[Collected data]
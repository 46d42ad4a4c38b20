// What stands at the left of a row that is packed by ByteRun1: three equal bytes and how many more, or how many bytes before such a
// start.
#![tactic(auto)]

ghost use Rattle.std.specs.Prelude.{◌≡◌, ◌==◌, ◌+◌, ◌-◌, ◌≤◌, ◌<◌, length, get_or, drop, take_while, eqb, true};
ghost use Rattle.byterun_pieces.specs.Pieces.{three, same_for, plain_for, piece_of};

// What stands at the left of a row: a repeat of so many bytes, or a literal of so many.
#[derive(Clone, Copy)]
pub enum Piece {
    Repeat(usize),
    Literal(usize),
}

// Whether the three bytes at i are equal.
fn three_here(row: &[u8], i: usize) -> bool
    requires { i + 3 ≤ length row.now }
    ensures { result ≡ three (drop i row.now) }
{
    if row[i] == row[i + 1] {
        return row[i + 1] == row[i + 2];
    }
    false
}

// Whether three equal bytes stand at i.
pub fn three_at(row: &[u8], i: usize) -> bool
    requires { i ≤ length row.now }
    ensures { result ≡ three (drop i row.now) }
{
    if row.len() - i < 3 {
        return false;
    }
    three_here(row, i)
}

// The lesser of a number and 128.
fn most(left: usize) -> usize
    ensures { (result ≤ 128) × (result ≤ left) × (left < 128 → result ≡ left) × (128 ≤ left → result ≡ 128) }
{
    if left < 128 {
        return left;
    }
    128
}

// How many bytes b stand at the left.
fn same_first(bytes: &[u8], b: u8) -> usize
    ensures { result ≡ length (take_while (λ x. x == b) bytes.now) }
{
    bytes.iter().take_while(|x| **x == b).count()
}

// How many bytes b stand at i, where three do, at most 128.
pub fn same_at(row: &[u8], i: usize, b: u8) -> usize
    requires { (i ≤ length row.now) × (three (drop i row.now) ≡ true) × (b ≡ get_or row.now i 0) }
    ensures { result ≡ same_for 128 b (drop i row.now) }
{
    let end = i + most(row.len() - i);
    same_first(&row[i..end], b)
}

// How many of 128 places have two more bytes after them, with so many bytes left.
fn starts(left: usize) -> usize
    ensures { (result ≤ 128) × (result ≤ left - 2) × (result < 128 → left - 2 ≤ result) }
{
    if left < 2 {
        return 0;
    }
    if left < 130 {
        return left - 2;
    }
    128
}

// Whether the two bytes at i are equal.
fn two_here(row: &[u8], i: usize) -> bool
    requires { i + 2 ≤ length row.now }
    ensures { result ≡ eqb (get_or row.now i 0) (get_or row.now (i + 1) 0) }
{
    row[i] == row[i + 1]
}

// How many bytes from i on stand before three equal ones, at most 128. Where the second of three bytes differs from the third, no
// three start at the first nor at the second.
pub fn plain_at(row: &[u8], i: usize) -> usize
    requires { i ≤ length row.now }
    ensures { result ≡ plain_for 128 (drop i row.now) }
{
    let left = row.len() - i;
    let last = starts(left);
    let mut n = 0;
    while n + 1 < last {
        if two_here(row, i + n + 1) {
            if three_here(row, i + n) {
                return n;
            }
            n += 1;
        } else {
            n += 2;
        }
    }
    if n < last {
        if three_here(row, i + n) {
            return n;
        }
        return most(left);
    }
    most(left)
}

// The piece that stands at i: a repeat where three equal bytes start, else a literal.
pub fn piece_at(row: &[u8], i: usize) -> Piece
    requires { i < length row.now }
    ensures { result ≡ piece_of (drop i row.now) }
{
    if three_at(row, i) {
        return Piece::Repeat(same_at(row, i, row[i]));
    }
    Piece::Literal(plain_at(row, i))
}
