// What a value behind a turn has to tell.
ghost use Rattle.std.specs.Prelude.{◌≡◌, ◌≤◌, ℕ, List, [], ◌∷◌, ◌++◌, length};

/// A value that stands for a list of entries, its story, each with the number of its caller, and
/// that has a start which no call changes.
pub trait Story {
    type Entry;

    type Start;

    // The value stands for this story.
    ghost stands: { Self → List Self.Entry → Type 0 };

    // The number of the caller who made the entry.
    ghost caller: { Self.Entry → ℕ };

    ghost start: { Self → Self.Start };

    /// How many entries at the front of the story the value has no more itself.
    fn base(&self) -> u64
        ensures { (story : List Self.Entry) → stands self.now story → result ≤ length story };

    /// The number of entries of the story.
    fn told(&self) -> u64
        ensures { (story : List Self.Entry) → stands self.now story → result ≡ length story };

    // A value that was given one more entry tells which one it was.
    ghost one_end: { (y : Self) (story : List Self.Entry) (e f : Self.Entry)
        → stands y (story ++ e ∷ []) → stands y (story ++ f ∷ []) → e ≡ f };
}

--

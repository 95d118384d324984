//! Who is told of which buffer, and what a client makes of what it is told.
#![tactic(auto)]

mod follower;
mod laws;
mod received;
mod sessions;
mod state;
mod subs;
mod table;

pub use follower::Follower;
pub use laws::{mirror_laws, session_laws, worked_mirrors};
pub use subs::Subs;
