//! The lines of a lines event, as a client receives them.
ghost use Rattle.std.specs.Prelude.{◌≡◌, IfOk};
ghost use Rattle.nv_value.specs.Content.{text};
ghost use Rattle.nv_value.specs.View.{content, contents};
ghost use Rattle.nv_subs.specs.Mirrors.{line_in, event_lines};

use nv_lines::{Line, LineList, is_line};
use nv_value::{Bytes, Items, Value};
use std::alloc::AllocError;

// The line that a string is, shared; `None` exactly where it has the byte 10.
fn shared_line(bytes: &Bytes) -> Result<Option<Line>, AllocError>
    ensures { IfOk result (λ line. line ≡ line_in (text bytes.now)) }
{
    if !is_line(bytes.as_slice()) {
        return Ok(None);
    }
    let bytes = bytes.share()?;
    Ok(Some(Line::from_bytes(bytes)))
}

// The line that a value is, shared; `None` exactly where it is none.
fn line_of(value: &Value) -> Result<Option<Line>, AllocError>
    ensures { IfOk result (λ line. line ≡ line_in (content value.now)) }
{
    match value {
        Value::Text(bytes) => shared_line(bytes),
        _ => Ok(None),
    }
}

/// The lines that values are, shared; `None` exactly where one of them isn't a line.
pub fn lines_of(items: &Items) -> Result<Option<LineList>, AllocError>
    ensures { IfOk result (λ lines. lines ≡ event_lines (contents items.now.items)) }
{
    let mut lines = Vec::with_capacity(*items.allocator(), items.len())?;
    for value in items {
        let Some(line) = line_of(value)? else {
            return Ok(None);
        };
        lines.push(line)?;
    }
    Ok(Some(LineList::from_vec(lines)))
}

==

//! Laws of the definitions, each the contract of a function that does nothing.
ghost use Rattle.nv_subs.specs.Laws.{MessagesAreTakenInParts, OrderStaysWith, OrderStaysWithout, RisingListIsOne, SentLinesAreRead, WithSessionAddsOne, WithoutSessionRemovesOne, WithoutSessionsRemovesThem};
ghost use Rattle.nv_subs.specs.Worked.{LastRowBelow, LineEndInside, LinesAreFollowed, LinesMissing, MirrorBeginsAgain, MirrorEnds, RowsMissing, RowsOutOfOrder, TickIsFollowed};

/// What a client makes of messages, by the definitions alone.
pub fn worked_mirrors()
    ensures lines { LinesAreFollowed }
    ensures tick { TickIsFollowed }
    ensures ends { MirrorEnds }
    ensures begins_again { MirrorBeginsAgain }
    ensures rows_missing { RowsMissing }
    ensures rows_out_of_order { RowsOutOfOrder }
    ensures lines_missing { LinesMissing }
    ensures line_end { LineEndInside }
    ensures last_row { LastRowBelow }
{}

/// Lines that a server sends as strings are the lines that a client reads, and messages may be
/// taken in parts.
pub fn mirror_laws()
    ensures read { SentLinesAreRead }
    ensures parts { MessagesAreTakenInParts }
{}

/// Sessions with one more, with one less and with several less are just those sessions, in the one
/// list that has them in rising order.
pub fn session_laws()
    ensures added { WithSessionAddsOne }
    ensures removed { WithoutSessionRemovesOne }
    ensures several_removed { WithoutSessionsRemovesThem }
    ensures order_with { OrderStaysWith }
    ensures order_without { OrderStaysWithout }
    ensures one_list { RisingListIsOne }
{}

**Required work**
The expected answer is every line above in which the word "makes" appears.

**Response**
//! Who is told of which buffer, and what a client makes of what it is told.
/// What a client makes of messages, by the definitions alone.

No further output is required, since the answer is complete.